WORK REQUEST: Whenever a line in the entries includes the word "four", copy that line out.

DATA RECORDS:
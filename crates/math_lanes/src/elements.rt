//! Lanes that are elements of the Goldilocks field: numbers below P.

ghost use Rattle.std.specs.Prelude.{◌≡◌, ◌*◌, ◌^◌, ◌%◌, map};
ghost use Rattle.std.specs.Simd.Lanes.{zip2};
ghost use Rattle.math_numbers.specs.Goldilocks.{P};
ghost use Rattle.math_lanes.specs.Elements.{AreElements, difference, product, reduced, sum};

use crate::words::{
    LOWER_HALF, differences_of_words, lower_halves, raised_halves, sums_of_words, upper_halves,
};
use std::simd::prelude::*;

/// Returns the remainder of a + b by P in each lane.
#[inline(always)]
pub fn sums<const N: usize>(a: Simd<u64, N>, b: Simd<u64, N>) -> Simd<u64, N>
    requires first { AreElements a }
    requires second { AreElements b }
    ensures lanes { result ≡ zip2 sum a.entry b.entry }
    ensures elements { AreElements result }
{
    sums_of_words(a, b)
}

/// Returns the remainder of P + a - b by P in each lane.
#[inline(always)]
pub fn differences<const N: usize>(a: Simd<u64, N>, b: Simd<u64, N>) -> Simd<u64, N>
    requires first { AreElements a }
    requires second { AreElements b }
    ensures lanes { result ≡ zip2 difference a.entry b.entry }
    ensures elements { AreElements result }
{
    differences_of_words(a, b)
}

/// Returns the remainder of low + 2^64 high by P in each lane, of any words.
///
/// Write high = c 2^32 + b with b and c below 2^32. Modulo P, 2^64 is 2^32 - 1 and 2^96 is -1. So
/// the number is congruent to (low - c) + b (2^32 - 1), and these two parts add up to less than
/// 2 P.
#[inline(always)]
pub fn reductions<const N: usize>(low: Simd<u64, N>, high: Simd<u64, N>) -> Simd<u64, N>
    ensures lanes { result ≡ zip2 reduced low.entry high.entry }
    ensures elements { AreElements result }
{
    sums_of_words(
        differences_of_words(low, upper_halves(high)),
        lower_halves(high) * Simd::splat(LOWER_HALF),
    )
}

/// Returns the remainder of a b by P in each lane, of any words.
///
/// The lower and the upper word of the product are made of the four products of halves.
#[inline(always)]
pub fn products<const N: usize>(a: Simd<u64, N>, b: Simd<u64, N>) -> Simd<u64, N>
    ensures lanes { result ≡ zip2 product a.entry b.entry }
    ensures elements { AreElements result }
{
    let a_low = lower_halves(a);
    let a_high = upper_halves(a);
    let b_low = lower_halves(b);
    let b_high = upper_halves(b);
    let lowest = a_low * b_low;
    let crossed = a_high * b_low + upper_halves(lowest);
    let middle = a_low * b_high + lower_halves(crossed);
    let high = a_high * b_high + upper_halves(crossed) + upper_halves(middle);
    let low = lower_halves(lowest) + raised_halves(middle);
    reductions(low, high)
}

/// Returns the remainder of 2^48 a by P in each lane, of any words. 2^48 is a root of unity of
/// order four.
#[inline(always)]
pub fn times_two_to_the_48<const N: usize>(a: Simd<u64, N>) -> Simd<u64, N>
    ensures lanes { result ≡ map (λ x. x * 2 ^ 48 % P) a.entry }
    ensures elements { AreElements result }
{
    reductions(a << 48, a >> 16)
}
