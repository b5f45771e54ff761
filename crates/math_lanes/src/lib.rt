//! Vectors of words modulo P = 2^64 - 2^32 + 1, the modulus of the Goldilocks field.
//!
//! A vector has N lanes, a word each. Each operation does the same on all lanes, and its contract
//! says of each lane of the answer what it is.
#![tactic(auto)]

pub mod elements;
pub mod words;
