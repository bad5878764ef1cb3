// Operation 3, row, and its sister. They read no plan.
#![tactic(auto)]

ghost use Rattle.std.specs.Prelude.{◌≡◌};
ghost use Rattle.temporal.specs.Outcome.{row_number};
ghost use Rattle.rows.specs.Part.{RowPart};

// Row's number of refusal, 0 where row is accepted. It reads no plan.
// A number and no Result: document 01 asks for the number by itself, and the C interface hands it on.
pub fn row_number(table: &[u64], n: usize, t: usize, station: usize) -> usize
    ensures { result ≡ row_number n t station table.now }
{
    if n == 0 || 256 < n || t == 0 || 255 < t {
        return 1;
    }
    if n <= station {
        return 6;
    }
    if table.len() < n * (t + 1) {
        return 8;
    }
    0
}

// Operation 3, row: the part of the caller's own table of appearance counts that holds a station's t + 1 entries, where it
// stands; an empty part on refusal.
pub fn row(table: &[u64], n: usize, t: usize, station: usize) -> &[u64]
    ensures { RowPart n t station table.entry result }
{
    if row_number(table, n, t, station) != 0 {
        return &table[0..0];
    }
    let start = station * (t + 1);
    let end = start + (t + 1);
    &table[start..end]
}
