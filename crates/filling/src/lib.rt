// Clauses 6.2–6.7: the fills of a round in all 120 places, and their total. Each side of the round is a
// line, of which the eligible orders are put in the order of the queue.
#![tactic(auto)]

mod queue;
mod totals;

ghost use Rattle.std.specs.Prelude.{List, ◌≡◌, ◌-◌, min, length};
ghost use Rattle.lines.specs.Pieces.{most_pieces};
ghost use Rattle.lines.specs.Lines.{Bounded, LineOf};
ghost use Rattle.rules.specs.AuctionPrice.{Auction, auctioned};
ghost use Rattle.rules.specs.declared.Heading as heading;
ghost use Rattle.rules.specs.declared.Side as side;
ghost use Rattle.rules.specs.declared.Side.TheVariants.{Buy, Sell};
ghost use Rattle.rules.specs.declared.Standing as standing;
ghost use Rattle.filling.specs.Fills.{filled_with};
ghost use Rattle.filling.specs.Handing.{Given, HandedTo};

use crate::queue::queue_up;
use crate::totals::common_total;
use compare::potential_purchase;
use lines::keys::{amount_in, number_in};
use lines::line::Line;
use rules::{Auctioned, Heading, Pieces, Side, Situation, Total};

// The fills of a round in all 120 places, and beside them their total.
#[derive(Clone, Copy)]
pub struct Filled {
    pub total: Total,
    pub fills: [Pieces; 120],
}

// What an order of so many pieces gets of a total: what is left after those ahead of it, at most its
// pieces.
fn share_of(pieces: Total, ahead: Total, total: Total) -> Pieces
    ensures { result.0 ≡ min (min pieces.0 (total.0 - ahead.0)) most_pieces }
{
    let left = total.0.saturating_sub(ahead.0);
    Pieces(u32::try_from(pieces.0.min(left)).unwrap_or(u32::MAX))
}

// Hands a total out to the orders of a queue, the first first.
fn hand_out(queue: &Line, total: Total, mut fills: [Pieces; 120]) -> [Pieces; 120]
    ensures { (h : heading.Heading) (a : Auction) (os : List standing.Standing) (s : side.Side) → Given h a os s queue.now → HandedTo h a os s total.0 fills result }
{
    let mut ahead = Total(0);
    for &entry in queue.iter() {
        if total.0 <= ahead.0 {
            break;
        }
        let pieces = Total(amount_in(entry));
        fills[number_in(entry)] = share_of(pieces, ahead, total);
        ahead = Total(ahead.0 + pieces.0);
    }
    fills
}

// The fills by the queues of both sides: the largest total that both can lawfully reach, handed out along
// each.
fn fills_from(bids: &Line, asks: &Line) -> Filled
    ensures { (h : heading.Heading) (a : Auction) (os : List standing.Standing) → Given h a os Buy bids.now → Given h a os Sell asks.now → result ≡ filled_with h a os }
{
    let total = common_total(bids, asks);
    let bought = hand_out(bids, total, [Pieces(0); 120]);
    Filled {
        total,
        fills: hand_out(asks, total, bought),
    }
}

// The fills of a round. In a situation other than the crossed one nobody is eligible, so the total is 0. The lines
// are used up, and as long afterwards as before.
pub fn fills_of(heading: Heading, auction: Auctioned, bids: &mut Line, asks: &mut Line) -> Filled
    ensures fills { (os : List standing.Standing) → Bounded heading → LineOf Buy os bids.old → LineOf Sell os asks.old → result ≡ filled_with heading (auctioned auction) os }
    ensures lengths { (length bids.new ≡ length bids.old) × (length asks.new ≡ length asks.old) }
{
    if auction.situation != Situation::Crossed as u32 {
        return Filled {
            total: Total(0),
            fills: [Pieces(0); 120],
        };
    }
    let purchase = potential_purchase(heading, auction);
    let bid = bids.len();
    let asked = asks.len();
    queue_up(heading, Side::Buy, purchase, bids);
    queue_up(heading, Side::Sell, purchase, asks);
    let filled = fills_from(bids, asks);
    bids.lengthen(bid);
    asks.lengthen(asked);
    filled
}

TASK RESULT:
/// The lower and the upper word of the product are made of the four products of halves.
/// order four.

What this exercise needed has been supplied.